Piaget’in ve Vygotsky’nin bu yaklaşımları ise müzelerin her yaştan insanın kendi kendilerine veya çalışma gruplarıyla işbirliği içerisinde etkileşime dayalı olarak bilgilerini yapılandırdıkları sergilerin ve eğitim programlarının hazırlanmasında etkili olmuştur.

Çoklu Zeka Kuramı, sınıf ortamlarında bulunan farklı zeka yapısına sahip öğrencilere hitap edecek etkinliklerin geliştirilmesi yönünde eğitime önemli katkılar yapmaktadır. Bu alanda yapılan çalışmalar özellikle ilköğretim düzeyinde Çoklu Zeka Kuramı’nın başarılı sonuçlar verdiğini ortaya koymaktadır. Hazırlanacak etkinliklerle hem farklı zeka türlerine sahip öğrencilere ulaşma kolaylığı

sağlanabilecek, hem de öğrencilerin zeka profillerinin çıkarılması yoluyla Milli Eğitim Temel Kanunu’nun ilkelerinden biri olan seçme ve yöneltme işlevi ilköğretim kademesinden başlatılabilecektir (Çepni, 2005).

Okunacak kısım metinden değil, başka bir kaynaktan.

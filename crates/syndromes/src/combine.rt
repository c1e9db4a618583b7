//! The sums of the syndromes, block by block, so that each list is read once.
ghost use Rattle.std.specs.Prelude.{◌≡◌, ℕ, ◌+◌, ◌-◌, ◌<◌, ◌≤◌, None, [], ◌∷◌, All, EachIndex};
ghost use Rattle.std.specs.Prelude.{IfSome, length, map, slice_index, bit_xor};
ghost use Rattle.kernels.specs.Lists.{combined, bytes_at, list_at};
ghost use Rattle.syndromes.specs.Syndromes.{column_at, HaveBytes, HasSums, HasRoom};
ghost use Rattle.syndromes.specs.Formulas.{IsFormula, AreFormulas, addend, shares_for};
ghost use Rattle.syndromes.specs.Plans.{IsPlan, TakesOnly, AreSyndromes};

use crate::blocks::{BLOCK, write_syndromes};
use crate::dispatch::combine_in_one_pass;
use crate::formulas::{Formula, formulas_for};
use crate::pass::{Plan, add_list, plan_for, weigh, write_sum, write_taken};
use kernels::LANES;
use one_pass::{plain_of, sources_of};

/// Adds the places `at..end` of a target that was made before, where it is to be added.
fn add_made(part: &mut [u8], shares: Option<[u8; 4]>, made: &[u8], at: usize, end: usize)
    requires order { at ≤ end }
    requires long { length part.old ≡ end - at }
    requires room { HasRoom shares end made.now }
    ensures { EachIndex part.new (λ k. slice_index part.new k
        ≡ bit_xor (slice_index part.old k) (addend shares made.now (at + k))) }
{
    if shares.is_some() {
        add_list(part, &made[at..end]);
    }
}

/// Writes the sum of a list and the places `at..end` of a target that was made before, where it is
/// to be added.
fn write_with(
    part: &mut [u8],
    list: &[u8],
    shares: Option<[u8; 4]>,
    made: &[u8],
    at: usize,
    end: usize,
)
    requires order { at ≤ end }
    requires long { length part.old ≡ end - at }
    requires same { length list.now ≡ end - at }
    requires room { HasRoom shares end made.now }
    ensures { EachIndex part.new (λ k. slice_index part.new k
        ≡ bit_xor (slice_index list.now k) (addend shares made.now (at + k))) }
{
    if shares.is_some() {
        write_sum(part, list, &made[at..end]);
    } else {
        part.copy_from_slice(list);
    }
}

/// Makes the places `at..end` of a target by a formula without products: a syndrome, and the
/// targets that are added.
fn make_plainly(
    part: &mut [u8],
    at: usize,
    end: usize,
    formula: &Formula,
    syndrome: &[u8],
    first: &[u8],
    second: &[u8],
    third: &[u8],
)
    requires order { at ≤ end }
    requires long { length part.old ≡ end - at }
    requires same { length syndrome.now ≡ end - at }
    requires first_room { HasRoom formula.now.first end first.now }
    requires second_room { HasRoom formula.now.second end second.now }
    requires third_room { HasRoom formula.now.third end third.now }
    ensures bytes { (k : ℕ) → slice_index syndrome.now k < 256 }
    ensures made { EachIndex part.new (λ k. slice_index part.new k
        ≡ bit_xor (bit_xor (bit_xor (slice_index syndrome.now k)
        (addend formula.now.third third.now (at + k)))
        (addend formula.now.second second.now (at + k)))
        (addend formula.now.first first.now (at + k))) }
{
    if formula.third.is_some() {
        write_with(part, syndrome, formula.third, third, at, end);
        add_made(part, formula.second, second, at, end);
        add_made(part, formula.first, first, at, end);
    } else if formula.second.is_some() {
        write_with(part, syndrome, formula.second, second, at, end);
        add_made(part, formula.first, first, at, end);
    } else {
        write_with(part, syndrome, formula.first, first, at, end);
    }
}

/// Makes the places `at..end` of a target by its formula.
fn make_part(
    part: &mut [u8],
    at: usize,
    end: usize,
    formula: &Formula,
    syndromes: &[&[u8]; 4],
    first: &[u8],
    second: &[u8],
    third: &[u8],
)
    requires order { at ≤ end }
    requires long { length part.old ≡ end - at }
    requires same { All (λ s. length s.now ≡ end - at) syndromes.now }
    requires first_room { HasRoom formula.now.first end first.now }
    requires second_room { HasRoom formula.now.second end second.now }
    requires third_room { HasRoom formula.now.third end third.now }
    ensures { EachIndex part.new (λ k. slice_index part.new k
        ≡ bit_xor (bit_xor (bit_xor (combined formula.now.factors
        (bytes_at (map (λ s. s.now) syndromes.now) k))
        (addend formula.now.third third.now (at + k)))
        (addend formula.now.second second.now (at + k)))
        (addend formula.now.first first.now (at + k))) }
{
    if let Some(e) = plain_of(&formula.factors) {
        make_plainly(part, at, end, formula, syndromes[e], first, second, third);
        return;
    }
    weigh(part, &formula.factors, syndromes);
    add_made(part, formula.third, third, at, end);
    add_made(part, formula.second, second, at, end);
    add_made(part, formula.first, first, at, end);
}

/// Some places of the lists with their syndromes.
#[derive(Clone, Copy, Drop)]
struct Block<'a, 'b, 'c> {
    lists: &'a [Option<&'b [u8]>; 16],
    at: usize,
    end: usize,
    syndromes: [&'c [u8]; 4],
    has_second: bool,
    has_third: bool,
    has_fourth: bool,
}

/// Where a formula is given, makes the places of a block of its target, which has those before
/// already.
fn make_target(
    block: &Block,
    target: &mut [u8],
    formula: &Option<Formula>,
    first: &[u8],
    second: &[u8],
    third: &[u8],
)
    requires formula { IfSome formula.now (λ f. IsFormula f
        × HasRoom f.first block.now.end first.now
        × HasRoom f.second block.now.end second.now × HasRoom f.third block.now.end third.now
        × HasSums block.now.lists.now f.first block.now.end first.now
        × HasSums block.now.lists.now f.second block.now.end second.now
        × HasSums block.now.lists.now f.third block.now.end third.now) }
    requires order { block.now.at ≤ block.now.end }
    requires room { HasRoom (shares_for formula.now) block.now.end target.old }
    requires before { HasSums block.now.lists.now (shares_for formula.now) block.now.at target.old }
    requires same { All (λ s. length s.now ≡ block.now.end - block.now.at) block.now.syndromes }
    requires takes { TakesOnly formula.now block.now.has_second block.now.has_third
        block.now.has_fourth }
    requires are { AreSyndromes block.now.lists.now block.now.at block.now.end block.now.has_second
        block.now.has_third block.now.has_fourth (map (λ s. s.now) block.now.syndromes) }
    ensures made { HasSums block.now.lists.now (shares_for formula.now) block.now.end target.new }
    ensures unchanged { formula.now ≡ None → target.new ≡ target.old }
{
    if let Some(formula) = formula {
        make_part(
            &mut target[block.at..block.end],
            block.at,
            block.end,
            formula,
            &block.syndromes,
            first,
            second,
            third,
        );
    }
}

/// As `write_syndromes`, with its conditions, but all syndromes except the first only if they are
/// taken.
fn write_block(
    lists: &[Option<&[u8]>; 16],
    at: usize,
    end: usize,
    has_second: bool,
    has_third: bool,
    has_fourth: bool,
    first: &mut [u8],
    second: &mut [u8],
    third: &mut [u8],
    fourth: &mut [u8],
)
    requires long { HaveBytes lists.now end }
    requires order { at ≤ end }
    requires few { end ≤ at + BLOCK }
    requires same { length first.old ≡ end - at }
    requires same_second { length second.old ≡ end - at }
    requires same_third { length third.old ≡ end - at }
    requires same_fourth { length fourth.old ≡ end - at }
    ensures { AreSyndromes lists.now at end has_second has_third has_fourth
        (first.new ∷ second.new ∷ third.new ∷ fourth.new ∷ []) }
{
    if end - at < LANES {
        write_syndromes(lists, at, end, first, second, third, fourth);
        return;
    }
    let sources = sources_of(lists, at, end);
    write_taken(
        &sources, has_second, has_third, has_fourth, first, second, third, fourth,
    );
}

/// Makes the places `at..end` of each target by its formula, where it has those before already. The
/// syndromes are written into four lists of their own.
fn make_block(
    lists: &[Option<&[u8]>; 16],
    at: usize,
    end: usize,
    plan: &Plan,
    one: &mut [u8],
    two: &mut [u8],
    three: &mut [u8],
    four: &mut [u8],
    first: &mut [u8],
    second: &mut [u8],
    third: &mut [u8],
    fourth: &mut [u8],
)
    requires long { HaveBytes lists.now end }
    requires order { at ≤ end }
    requires few { end ≤ at + BLOCK }
    requires formulas { AreFormulas plan.now.formulas }
    requires plan { IsPlan plan.now }
    requires one_long { length one.old ≡ end - at }
    requires two_long { length two.old ≡ end - at }
    requires three_long { length three.old ≡ end - at }
    requires four_long { length four.old ≡ end - at }
    requires first_room { HasRoom (shares_for plan.now.formulas.first) end first.old }
    requires second_room { HasRoom (shares_for plan.now.formulas.second) end second.old }
    requires third_room { HasRoom (shares_for plan.now.formulas.third) end third.old }
    requires fourth_room { HasRoom (shares_for plan.now.formulas.fourth) end fourth.old }
    requires first_made { HasSums lists.now (shares_for plan.now.formulas.first) at first.old }
    requires second_made { HasSums lists.now (shares_for plan.now.formulas.second) at second.old }
    requires third_made { HasSums lists.now (shares_for plan.now.formulas.third) at third.old }
    requires fourth_made { HasSums lists.now (shares_for plan.now.formulas.fourth) at fourth.old }
    ensures first { HasSums lists.now (shares_for plan.now.formulas.first) end first.new }
    ensures second { HasSums lists.now (shares_for plan.now.formulas.second) end second.new }
    ensures third { HasSums lists.now (shares_for plan.now.formulas.third) end third.new }
    ensures fourth { HasSums lists.now (shares_for plan.now.formulas.fourth) end fourth.new }
    ensures first_unchanged { plan.now.formulas.first ≡ None → first.new ≡ first.old }
    ensures second_unchanged { plan.now.formulas.second ≡ None → second.new ≡ second.old }
    ensures third_unchanged { plan.now.formulas.third ≡ None → third.new ≡ third.old }
    ensures fourth_unchanged { plan.now.formulas.fourth ≡ None → fourth.new ≡ fourth.old }
{
    let has_second = plan.takes_second;
    let has_third = plan.takes_third;
    let has_fourth = plan.takes_fourth;
    write_block(
        lists, at, end, has_second, has_third, has_fourth, one, two, three, four,
    );
    let syndromes: [&[u8]; 4] = [one, two, three, four];
    let block = Block {
        lists,
        at,
        end,
        syndromes,
        has_second,
        has_third,
        has_fourth,
    };
    let f = &plan.formulas;
    make_target(&block, first, &f.first, &[], &[], &[]);
    make_target(&block, second, &f.second, first, &[], &[]);
    make_target(&block, third, &f.third, first, second, &[]);
    make_target(&block, fourth, &f.fourth, first, second, third);
}

/// Makes each target by its formula, block by block, by lists of the syndromes.
fn combine_by_blocks(
    lists: &[Option<&[u8]>; 16],
    width: usize,
    plan: &Plan,
    first: &mut [u8],
    second: &mut [u8],
    third: &mut [u8],
    fourth: &mut [u8],
)
    requires long { HaveBytes lists.now width }
    requires formulas { AreFormulas plan.now.formulas }
    requires plan { IsPlan plan.now }
    requires first_room { HasRoom (shares_for plan.now.formulas.first) width first.old }
    requires second_room { HasRoom (shares_for plan.now.formulas.second) width second.old }
    requires third_room { HasRoom (shares_for plan.now.formulas.third) width third.old }
    requires fourth_room { HasRoom (shares_for plan.now.formulas.fourth) width fourth.old }
    ensures first { HasSums lists.now (shares_for plan.now.formulas.first) width first.new }
    ensures second { HasSums lists.now (shares_for plan.now.formulas.second) width second.new }
    ensures third { HasSums lists.now (shares_for plan.now.formulas.third) width third.new }
    ensures fourth { HasSums lists.now (shares_for plan.now.formulas.fourth) width fourth.new }
    ensures first_unchanged { plan.now.formulas.first ≡ None → first.new ≡ first.old }
    ensures second_unchanged { plan.now.formulas.second ≡ None → second.new ≡ second.old }
    ensures third_unchanged { plan.now.formulas.third ≡ None → third.new ≡ third.old }
    ensures fourth_unchanged { plan.now.formulas.fourth ≡ None → fourth.new ≡ fourth.old }
{
    let mut one = [0; BLOCK];
    let mut two = [0; BLOCK];
    let mut three = [0; BLOCK];
    let mut four = [0; BLOCK];
    let mut at = 0;
    'each: while at < width {
        let count = if width - at > BLOCK {
            BLOCK
        } else {
            width - at
        };
        make_block(
            lists,
            at,
            at + count,
            plan,
            &mut one[..count],
            &mut two[..count],
            &mut three[..count],
            &mut four[..count],
            first,
            second,
            third,
            fourth,
        );
        at += count;
    }
}

/// Makes each of four targets the sum of the four syndromes of the lists, each times its share, at
/// each of `width` places. A target for which no shares are given is unchanged.
///
/// Of the sixteen lists the last four are the parities of the first twelve; None is a list of
/// zeros. Each list is read once.
pub fn combine_syndromes(
    lists: &[Option<&[u8]>; 16],
    width: usize,
    a: Option<[u8; 4]>,
    b: Option<[u8; 4]>,
    c: Option<[u8; 4]>,
    d: Option<[u8; 4]>,
    first: &mut [u8],
    second: &mut [u8],
    third: &mut [u8],
    fourth: &mut [u8],
)
    requires long { HaveBytes lists.now width }
    requires first_room { HasRoom a width first.old }
    requires second_room { HasRoom b width second.old }
    requires third_room { HasRoom c width third.old }
    requires fourth_room { HasRoom d width fourth.old }
    ensures first { HasSums lists.now a width first.new }
    ensures second { HasSums lists.now b width second.new }
    ensures third { HasSums lists.now c width third.new }
    ensures fourth { HasSums lists.now d width fourth.new }
    ensures first_unchanged { a ≡ None → first.new ≡ first.old }
    ensures second_unchanged { b ≡ None → second.new ≡ second.old }
    ensures third_unchanged { c ≡ None → third.new ≡ third.old }
    ensures fourth_unchanged { d ≡ None → fourth.new ≡ fourth.old }
{
    if width < LANES
        || !combine_in_one_pass(lists, width, a, b, c, d, first, second, third, fourth)
    {
        let plan = plan_for(formulas_for(a, b, c, d));
        combine_by_blocks(lists, width, &plan, first, second, third, fourth);
    }
}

Gardner’in bu yaklaşımı müzelerin her zeka türüne hitap edecek şekilde sergilerini düzenlenmesinde etkili olmuştur. Bu etkinliklere her duyu organına hitap eden eğitsel ve eğlenceli sergiler, konferanslar, paneller, bilgi şölenleri, film gösterileri, yarışmalar, bilim şenlikleri, tiyatro gösterileri, yayınlar vs. verilebilir.

Özetlenecek olursa bilim ve teknoloji müzeleri özellikle eğitim teorileri kapsamında oluşturulan, ziyaretçilerin yeni kavramları sadece bakarak veya açıklamaları dinleyip, okuyarak değil deneyler yaparak, keşfederek öğrendikleri keşif müzesi ve sergi içeriğinin değil ziyaretçinin öğrenme sürecinin odak noktasında olduğu ve yeni kavramları kendisinin oluşturduğu mantıksal şemalara göre algıladıkları bir yapıya bürünmüştür (Anadol, 1999).

Sosyal eğitim kurumlarından biri olarak fen öğretimine önemli katkılar sağlayan ve okullardaki eğitimi tamamlayan bilim ve teknoloji müzeleri, formal ve informal eğitim sistemi arasındaki akrabalığı işbirliğine dönüştürecek bir fırsat sağlamaktadır. Bunun yanı sıra bu müzelerin fen derslerine kıyasla daha fazla motivasyonu ve sosyal etkileşimi sağlayan, merakı uyandıran, öğrenmeye daha istekli durumlar ortaya çıkaran ve öğrencilere gerçek dünya nesneleri ile daha fazla etkileşimde bulunma imkanı sağlayan yerler olması da diğer avantajlarıdır (Ramey- Gassert, 1997; Chi-Chin, 1995).

Günümüzdeki bilim ve teknoloji müzeleri artık ziyaretçilerin özgürce keşfetmelerine, kendi kendilerine gezmelerine ve öğrenmelerine, gruplar ile etkileşerek ve iletişim kurarak deneyimlerini paylaşmalarına izin vermektedir. Bu şekilde düzenlenen sergiler ve eğitim programları ile özellikle öğrenciler ellerini ve mantıklarını kullanmakta, dünya ile etkileşim içinde olmakta, işbirliği içerisinde çalışarak sonuçlara ulaşmakta, tartışmakta, gözlemler yapmakta, deneyimler kazanmakta ve anlama kapasitelerini arttırmaktadırlar. Sonuç itibariyle müzeler

çocukların hem bilişsel hem de sosyal olarak bilgilerini yapılandırdıkları mekanlar olarak karşımıza çıkmaktadır (Rapp, 2005; Livingstone, Pedretti and Soren, 2001; Barshinger and Ann, 1998).